The Good – Ward 1, Matt Alexander - Participatory Budgeting
First-time Ward 1 candidate Matt Alexander has offered up a real winning formula to deal with the City’s much-maligned Healthy Community Initiative (HCI) funds. You may be familiar with the HCI, or “slush” funds - $50,000 in spending a year which incumbent Councillors get to direct towards leisure/community improvement. The funding for community improvement isn’t really the problem – it’s the way that each local ward Councillor gets to dish it out to needy organizations in “their” wards. Some have suggested that the slush fund gives incumbents a $200,000 unfair advantage over other candidates.
Well, Alexander doesn’t have that problem in Ward 1 any longer, now that the voters have Sudbury have sent Joe Cimino off to Queens’ Park.

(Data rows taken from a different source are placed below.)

// The search for an assignment: by one searcher, or by two that take turns.
ghost use Rattle.std.specs.Prelude.{◌≡◌, ◌≤◌, [], IfOk, Ok, true, false};
ghost use Rattle.lls_solver.specs.Searching.{IsOutcome, IsSearching, IsUnderWay};

use crate::manner::{Approach, Manner, Manners};
use crate::outcome::Outcome;
use crate::searcher::Searcher;
use crate::start::Start;
use crate::turns::{Ended, begin, race, take_turns};
use lls_base::Memory;
use lls_cnf::Formula;
use lls_prooflog::Log;
use lls_store::Store;
use lls_watch::WatchStore;
use std::alloc::Global;
use std::mem::swap;

/// The greatest budget.
pub const MOST_BUDGET: u32 = 10_000_000;

/// Searches for an assignment that satisfies a formula, by deciding variables and learning a clause from each conflict
/// (Marques-Silva, Sakallah, *GRASP*, 1996; Eén, Sörensson, *An Extensible SAT-solver*, 2003). The log gets the clauses that
/// were learnt, as many as the budget allows, each as a step of a proof; their ids run upwards from the number of the formula's
/// clauses plus 1. Unit propagation over the clauses before it gives none of them. After `Undecided` one more could be learnt.
/// After `Memory` the log holds what was learnt until then. With `keep_all` nothing is deleted.
pub fn solve(
    alloc: Global,
    formula: &Formula,
    budget: u32,
    keep_all: bool,
    log: &mut Log,
) -> Result<Outcome, Memory>
    requires none { log.old.steps ≡ [] }
    requires budget { budget ≤ MOST_BUDGET }
    ensures { IsOutcome formula.now budget keep_all log.new.steps result }
{
    let start = Start {
        phases: &[],
        first: None,
    };
    search_alone(
        alloc,
        formula,
        start,
        Manner::Restless,
        budget,
        keep_all,
        log,
    )
}

/// The same search by these manners, in which the first decision of each variable gives it the value that stands in `phases`, by variable, and
/// false past their end: where these are of an assignment that nearly satisfies the formula, the search begins near it. Each of two searchers
/// has the budget, and the log is that of the one that ended, or of the restless one where both spent theirs.
pub fn solve_from(
    alloc: Global,
    formula: &Formula,
    phases: &[bool],
    approach: Approach,
    budget: u32,
    keep_all: bool,
    log: &mut Log,
) -> Result<Outcome, Memory>
    requires none { log.old.steps ≡ [] }
    requires budget { budget ≤ MOST_BUDGET }
    ensures { IsOutcome formula.now budget keep_all log.new.steps result }
{
    let start = Start {
        phases,
        first: approach.first,
    };
    match approach.manners {
        Manners::Alone(manner) => {
            search_alone(alloc, formula, start, manner, budget, keep_all, log)
        }
        Manners::Both => search_by_both(alloc, formula, start, budget, keep_all, log),
    }
}

// A searcher over a formula's clauses.
fn searcher_of(
    alloc: Global,
    formula: &Formula,
    start: Start,
    manner: Manner,
) -> Result<Searcher<WatchStore>, Memory>
    ensures { IfOk result (λ searcher. IsSearching formula.now [] searcher.store searcher.trail) }
{
    let store = WatchStore::new(alloc, formula.vars())?;
    Searcher::new(alloc, store, formula, start, manner)
}

// One searcher goes on to its end.
fn search_alone(
    alloc: Global,
    formula: &Formula,
    start: Start,
    manner: Manner,
    budget: u32,
    keep_all: bool,
    log: &mut Log,
) -> Result<Outcome, Memory>
    requires none { log.old.steps ≡ [] }
    requires budget { budget ≤ MOST_BUDGET }
    ensures { IsOutcome formula.now budget keep_all log.new.steps result }
{
    let mut searcher = searcher_of(alloc, formula, start, manner)?;
    take_turns(alloc, formula, &mut searcher, log, budget, keep_all)
}

// A restless searcher begins.
fn search_by_both(
    alloc: Global,
    formula: &Formula,
    start: Start,
    budget: u32,
    keep_all: bool,
    log: &mut Log,
) -> Result<Outcome, Memory>
    requires none { log.old.steps ≡ [] }
    requires budget { budget ≤ MOST_BUDGET }
    ensures { IsOutcome formula.now budget keep_all log.new.steps result }
{
    let mut restless = searcher_of(alloc, formula, start, Manner::Restless)?;
    begin_alone(alloc, formula, start, &mut restless, budget, keep_all, log)
}

// The restless searcher goes on, and where it takes long, or has spent its budget, a steady one comes to it.
fn begin_alone<S: Store>(
    alloc: Global,
    formula: &Formula,
    start: Start,
    restless: &mut Searcher<S>,
    budget: u32,
    keep_all: bool,
    log: &mut Log,
) -> Result<Outcome, Memory>
    requires under_way { IsUnderWay formula.now budget keep_all log.old.steps restless.old }
    requires budget { budget ≤ MOST_BUDGET }
    ensures { IsOutcome formula.now budget keep_all log.new.steps result }
{
    match begin(alloc, formula, restless, log, budget, keep_all)? {
        None => add_steady(alloc, formula, start, restless, budget, keep_all, log),
        Some(Outcome::Undecided) => end_steadily(alloc, formula, start, budget, keep_all, log),
        Some(decided) => Ok(decided),
    }
}

// A steady searcher takes the place of a restless one that spent its budget.
fn end_steadily(
    alloc: Global,
    formula: &Formula,
    start: Start,
    budget: u32,
    keep_all: bool,
    log: &mut Log,
) -> Result<Outcome, Memory>
    requires spent { IsOutcome formula.now budget keep_all log.old.steps (Ok Outcome.Undecided) }
    requires budget { budget ≤ MOST_BUDGET }
    ensures { IsOutcome formula.now budget keep_all log.new.steps result }
{
    let mut steady = searcher_of(alloc, formula, start, Manner::Steady)?;
    let mut own = Log::new(alloc);
    end_by(alloc, formula, &mut steady, &mut own, budget, keep_all, log)
}

// A steady searcher comes to a restless one, and has a log of its own.
fn add_steady<S: Store>(
    alloc: Global,
    formula: &Formula,
    start: Start,
    restless: &mut Searcher<S>,
    budget: u32,
    keep_all: bool,
    log: &mut Log,
) -> Result<Outcome, Memory>
    requires under_way { IsUnderWay formula.now budget keep_all log.old.steps restless.old }
    requires budget { budget ≤ MOST_BUDGET }
    ensures { IsOutcome formula.now budget keep_all log.new.steps result }
{
    let mut steady = searcher_of(alloc, formula, start, Manner::Steady)?;
    let mut own = Log::new(alloc);
    go_on_both(
        alloc,
        formula,
        restless,
        log,
        &mut steady,
        &mut own,
        budget,
        keep_all,
    )
}

// Lets both go on until one of them has an answer. Who spends the budget leaves the other one alone.
fn go_on_both<S: Store, T: Store>(
    alloc: Global,
    formula: &Formula,
    restless: &mut Searcher<S>,
    log: &mut Log,
    steady: &mut Searcher<T>,
    own: &mut Log,
    budget: u32,
    keep_all: bool,
) -> Result<Outcome, Memory>
    requires restless { IsUnderWay formula.now budget keep_all log.old.steps restless.old }
    requires steady { IsUnderWay formula.now budget keep_all own.old.steps steady.old }
    requires budget { budget ≤ MOST_BUDGET }
    ensures { IsOutcome formula.now budget keep_all log.new.steps result }
{
    match race(alloc, formula, restless, log, steady, own, budget, keep_all)? {
        Ended::First(Outcome::Undecided) => {
            end_by(alloc, formula, steady, own, budget, keep_all, log)
        }
        Ended::First(decided) => Ok(decided),
        Ended::Second(Outcome::Undecided) => {
            take_turns(alloc, formula, restless, log, budget, keep_all)
        }
        Ended::Second(decided) => {
            swap(log, own);
            Ok(decided)
        }
    }
}

// Lets a searcher go on to its end over a log of its own, which takes the place of a spent one where it decides.
fn end_by<S: Store>(
    alloc: Global,
    formula: &Formula,
    searcher: &mut Searcher<S>,
    own: &mut Log,
    budget: u32,
    keep_all: bool,
    log: &mut Log,
) -> Result<Outcome, Memory>
    requires under_way { IsUnderWay formula.now budget keep_all own.old.steps searcher.old }
    requires spent { IsOutcome formula.now budget keep_all log.old.steps (Ok Outcome.Undecided) }
    requires budget { budget ≤ MOST_BUDGET }
    ensures { IsOutcome formula.now budget keep_all log.new.steps result }
{
    match take_turns(alloc, formula, searcher, own, budget, keep_all)? {
        Outcome::Undecided => Ok(Outcome::Undecided),
        decided => {
            swap(log, own);
            Ok(decided)
        }
    }
}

Alexander proposed to keep the HCI funding, but change the way in which it is distributed. While other candidates want to throw out the baby with the bathwater (see: The Bad, below), Alexander wants ward citizens themselves to decide where the money gets spent through a process being used elsewhere in Ontario called “participatory budgeting”.
As Alexander outlined at his campaign launch last night, there no reinvention of the wheel required – something Sudbury voters should take solace in. They’ve been doing participatory budgeting in Hamilton and elsewhere for some time now. If the City believes it is a priority for community improvement funding to be spent equitably in each ward, then it only makes sense for the citizens themselves to make the specific decisions about where and how much.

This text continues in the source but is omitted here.